■ **Task directions**:
Each line below containing the word "duplicate" needs to be shown.

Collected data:
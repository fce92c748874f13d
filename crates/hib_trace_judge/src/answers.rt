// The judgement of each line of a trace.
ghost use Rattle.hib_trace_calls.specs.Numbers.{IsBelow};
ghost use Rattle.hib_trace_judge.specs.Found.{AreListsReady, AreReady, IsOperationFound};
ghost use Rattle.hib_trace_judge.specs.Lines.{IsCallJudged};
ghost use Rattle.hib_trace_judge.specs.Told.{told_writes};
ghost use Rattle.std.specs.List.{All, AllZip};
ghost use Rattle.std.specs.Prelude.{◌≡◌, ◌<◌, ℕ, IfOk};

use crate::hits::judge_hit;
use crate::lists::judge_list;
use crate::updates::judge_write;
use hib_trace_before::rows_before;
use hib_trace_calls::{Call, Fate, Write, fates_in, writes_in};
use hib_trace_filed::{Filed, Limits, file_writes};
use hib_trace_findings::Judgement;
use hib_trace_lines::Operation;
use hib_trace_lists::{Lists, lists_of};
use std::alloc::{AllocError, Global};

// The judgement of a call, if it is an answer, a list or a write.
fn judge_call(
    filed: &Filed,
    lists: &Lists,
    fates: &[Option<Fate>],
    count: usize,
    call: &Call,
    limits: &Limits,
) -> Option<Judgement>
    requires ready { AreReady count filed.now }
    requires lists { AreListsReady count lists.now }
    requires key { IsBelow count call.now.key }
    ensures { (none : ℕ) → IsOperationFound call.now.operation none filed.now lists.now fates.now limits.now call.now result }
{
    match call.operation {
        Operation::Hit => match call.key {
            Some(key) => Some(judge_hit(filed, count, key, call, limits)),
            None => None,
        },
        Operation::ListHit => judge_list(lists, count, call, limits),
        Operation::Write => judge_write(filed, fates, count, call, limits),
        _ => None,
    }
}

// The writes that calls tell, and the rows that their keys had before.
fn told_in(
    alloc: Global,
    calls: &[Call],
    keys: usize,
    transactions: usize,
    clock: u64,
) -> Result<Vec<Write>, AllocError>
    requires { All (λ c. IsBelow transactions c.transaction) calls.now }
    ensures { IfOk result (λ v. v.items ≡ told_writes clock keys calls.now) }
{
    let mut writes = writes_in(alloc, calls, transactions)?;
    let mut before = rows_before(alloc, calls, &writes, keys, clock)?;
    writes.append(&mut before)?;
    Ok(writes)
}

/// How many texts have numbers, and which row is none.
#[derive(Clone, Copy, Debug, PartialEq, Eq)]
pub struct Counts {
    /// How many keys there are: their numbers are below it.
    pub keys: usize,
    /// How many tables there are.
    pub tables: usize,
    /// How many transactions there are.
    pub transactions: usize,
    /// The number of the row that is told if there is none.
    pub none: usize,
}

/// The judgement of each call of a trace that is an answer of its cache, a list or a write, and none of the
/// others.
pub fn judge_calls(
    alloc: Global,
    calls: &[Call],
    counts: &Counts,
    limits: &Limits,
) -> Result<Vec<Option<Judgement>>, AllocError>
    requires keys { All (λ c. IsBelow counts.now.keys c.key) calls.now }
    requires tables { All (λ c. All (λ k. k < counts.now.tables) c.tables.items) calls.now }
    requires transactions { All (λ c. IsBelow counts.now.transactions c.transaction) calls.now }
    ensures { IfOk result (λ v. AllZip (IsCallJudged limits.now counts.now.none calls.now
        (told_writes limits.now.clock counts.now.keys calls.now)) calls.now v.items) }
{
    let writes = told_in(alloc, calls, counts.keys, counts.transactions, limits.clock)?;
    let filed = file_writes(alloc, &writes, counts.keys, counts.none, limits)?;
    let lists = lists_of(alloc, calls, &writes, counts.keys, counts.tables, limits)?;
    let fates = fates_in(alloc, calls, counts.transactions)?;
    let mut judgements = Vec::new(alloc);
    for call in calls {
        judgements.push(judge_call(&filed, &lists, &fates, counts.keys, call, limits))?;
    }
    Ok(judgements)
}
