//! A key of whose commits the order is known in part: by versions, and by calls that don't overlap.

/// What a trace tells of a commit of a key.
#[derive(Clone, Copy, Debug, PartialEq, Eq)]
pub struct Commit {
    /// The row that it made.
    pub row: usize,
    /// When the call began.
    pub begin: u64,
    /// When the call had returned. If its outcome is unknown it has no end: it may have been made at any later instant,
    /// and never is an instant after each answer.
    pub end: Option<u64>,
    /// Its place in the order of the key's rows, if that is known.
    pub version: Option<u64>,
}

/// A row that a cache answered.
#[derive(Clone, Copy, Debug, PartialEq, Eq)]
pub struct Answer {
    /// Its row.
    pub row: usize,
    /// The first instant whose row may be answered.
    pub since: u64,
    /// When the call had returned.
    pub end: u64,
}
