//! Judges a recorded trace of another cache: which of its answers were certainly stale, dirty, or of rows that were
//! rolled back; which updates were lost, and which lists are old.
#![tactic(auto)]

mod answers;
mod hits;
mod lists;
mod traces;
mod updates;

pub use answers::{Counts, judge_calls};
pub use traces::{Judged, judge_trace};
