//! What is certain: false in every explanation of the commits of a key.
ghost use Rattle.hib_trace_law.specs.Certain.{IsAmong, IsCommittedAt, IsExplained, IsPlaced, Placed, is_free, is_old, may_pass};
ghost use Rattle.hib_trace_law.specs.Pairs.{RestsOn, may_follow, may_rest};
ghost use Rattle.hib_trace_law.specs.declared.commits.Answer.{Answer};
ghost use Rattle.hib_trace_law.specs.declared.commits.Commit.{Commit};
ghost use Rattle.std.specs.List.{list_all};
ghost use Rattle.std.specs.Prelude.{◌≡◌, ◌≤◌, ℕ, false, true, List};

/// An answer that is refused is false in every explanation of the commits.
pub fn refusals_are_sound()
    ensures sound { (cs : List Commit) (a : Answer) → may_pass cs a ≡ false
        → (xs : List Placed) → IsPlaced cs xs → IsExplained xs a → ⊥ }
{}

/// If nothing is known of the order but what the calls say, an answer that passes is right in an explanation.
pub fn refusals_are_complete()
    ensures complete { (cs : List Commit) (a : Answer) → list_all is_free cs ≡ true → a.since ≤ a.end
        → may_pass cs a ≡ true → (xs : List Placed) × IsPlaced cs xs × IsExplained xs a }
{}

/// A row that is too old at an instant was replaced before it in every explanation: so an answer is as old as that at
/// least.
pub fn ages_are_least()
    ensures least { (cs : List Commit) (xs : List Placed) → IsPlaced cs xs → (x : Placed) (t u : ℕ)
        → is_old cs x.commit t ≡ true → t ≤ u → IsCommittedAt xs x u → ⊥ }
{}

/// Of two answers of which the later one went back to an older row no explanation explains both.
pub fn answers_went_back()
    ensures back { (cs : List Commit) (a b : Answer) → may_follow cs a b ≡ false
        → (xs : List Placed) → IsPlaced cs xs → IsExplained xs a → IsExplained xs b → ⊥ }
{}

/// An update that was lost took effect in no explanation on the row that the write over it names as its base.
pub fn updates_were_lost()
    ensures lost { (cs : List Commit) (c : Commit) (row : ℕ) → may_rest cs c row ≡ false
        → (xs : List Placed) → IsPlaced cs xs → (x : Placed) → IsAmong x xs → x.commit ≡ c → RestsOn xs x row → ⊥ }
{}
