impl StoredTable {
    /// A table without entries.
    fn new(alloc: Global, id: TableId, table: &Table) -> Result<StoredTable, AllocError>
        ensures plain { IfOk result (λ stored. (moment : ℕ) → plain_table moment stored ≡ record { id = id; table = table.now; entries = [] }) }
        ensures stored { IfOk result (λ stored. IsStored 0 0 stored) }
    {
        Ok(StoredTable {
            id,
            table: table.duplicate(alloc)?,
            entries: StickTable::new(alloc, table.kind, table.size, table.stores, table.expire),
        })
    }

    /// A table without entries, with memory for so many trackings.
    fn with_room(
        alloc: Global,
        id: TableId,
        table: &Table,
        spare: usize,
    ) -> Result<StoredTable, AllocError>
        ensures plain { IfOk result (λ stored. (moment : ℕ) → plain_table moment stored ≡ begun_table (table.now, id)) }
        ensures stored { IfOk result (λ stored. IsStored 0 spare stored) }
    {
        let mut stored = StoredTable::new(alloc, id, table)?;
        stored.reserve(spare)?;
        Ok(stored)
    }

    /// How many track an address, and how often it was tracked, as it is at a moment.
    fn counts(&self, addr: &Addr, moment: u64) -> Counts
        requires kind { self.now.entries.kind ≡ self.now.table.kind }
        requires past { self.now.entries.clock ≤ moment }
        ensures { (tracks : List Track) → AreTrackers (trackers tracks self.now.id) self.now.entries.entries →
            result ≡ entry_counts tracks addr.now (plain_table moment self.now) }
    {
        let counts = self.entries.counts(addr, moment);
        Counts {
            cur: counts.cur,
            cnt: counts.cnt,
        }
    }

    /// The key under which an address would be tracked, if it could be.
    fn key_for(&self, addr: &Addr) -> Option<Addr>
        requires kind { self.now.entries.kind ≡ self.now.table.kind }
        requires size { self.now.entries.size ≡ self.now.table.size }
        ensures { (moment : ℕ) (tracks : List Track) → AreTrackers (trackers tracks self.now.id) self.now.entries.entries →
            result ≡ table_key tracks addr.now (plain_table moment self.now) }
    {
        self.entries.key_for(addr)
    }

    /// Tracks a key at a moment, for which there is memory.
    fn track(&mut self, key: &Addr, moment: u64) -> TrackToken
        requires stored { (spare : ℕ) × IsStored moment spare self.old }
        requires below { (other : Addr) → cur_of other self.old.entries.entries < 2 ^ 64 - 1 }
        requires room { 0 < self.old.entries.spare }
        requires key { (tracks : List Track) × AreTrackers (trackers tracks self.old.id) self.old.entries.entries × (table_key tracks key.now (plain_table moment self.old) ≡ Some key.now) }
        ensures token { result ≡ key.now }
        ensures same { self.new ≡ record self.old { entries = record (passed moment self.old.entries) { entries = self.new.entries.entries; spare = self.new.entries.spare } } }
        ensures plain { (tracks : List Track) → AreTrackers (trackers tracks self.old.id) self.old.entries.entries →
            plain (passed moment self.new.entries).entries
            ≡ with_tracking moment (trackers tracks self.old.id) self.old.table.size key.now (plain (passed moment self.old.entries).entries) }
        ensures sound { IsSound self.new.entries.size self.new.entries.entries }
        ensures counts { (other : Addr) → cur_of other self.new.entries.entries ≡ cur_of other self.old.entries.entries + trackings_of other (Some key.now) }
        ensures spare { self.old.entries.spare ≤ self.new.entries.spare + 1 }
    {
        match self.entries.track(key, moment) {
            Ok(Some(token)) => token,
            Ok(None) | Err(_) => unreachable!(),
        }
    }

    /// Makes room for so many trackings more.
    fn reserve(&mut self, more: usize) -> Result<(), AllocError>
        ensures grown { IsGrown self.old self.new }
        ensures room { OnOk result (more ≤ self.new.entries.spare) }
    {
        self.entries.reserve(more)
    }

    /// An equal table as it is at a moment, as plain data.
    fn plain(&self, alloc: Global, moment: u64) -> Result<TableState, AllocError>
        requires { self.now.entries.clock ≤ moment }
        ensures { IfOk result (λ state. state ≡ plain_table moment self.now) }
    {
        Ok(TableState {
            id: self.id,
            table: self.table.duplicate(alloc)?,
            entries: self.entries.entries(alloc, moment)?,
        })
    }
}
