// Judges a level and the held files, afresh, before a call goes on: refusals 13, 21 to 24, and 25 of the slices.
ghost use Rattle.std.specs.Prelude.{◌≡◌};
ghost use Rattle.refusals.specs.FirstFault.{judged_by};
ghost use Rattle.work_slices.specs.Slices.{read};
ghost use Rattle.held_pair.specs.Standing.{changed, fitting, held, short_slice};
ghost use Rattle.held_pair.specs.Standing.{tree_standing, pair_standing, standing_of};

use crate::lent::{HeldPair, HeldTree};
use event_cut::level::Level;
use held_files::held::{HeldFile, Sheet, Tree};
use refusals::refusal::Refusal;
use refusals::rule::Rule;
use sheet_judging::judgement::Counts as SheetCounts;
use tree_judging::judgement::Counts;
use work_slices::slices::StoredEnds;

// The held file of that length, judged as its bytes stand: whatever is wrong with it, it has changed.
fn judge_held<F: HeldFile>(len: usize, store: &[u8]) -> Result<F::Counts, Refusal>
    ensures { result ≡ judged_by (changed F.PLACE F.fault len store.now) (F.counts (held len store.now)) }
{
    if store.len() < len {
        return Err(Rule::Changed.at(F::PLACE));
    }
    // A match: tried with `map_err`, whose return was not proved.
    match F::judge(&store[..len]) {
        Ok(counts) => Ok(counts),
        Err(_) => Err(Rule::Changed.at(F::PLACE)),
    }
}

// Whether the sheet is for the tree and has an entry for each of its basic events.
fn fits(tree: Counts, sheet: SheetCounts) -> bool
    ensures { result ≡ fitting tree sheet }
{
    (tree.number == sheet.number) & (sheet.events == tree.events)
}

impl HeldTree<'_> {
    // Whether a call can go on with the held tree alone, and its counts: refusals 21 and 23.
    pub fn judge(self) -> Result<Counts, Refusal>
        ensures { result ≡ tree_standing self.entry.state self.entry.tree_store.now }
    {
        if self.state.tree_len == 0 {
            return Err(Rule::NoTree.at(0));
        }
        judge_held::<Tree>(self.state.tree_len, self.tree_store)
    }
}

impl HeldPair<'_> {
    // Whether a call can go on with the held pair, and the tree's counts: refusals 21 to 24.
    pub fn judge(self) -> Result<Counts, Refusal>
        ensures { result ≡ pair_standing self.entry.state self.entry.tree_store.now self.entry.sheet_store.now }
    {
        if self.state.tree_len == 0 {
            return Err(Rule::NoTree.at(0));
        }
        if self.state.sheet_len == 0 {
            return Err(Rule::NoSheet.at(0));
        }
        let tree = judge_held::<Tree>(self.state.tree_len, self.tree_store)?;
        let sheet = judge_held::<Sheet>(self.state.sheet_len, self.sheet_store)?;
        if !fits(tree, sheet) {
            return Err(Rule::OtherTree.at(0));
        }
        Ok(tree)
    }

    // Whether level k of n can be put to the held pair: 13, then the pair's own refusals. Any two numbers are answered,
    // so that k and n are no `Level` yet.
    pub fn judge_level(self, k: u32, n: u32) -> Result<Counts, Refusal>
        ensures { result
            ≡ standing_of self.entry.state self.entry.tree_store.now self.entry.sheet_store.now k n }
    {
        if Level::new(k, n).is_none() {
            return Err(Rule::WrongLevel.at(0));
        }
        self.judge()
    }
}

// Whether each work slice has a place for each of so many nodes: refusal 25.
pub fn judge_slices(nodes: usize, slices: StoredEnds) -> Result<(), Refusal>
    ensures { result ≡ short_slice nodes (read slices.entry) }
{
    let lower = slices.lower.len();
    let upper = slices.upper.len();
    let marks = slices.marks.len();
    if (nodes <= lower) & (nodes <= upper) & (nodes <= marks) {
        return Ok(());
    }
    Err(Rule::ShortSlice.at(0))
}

■ **Answer for this exercise**:
            table: table.duplicate(alloc)?,
            table: self.table.duplicate(alloc)?,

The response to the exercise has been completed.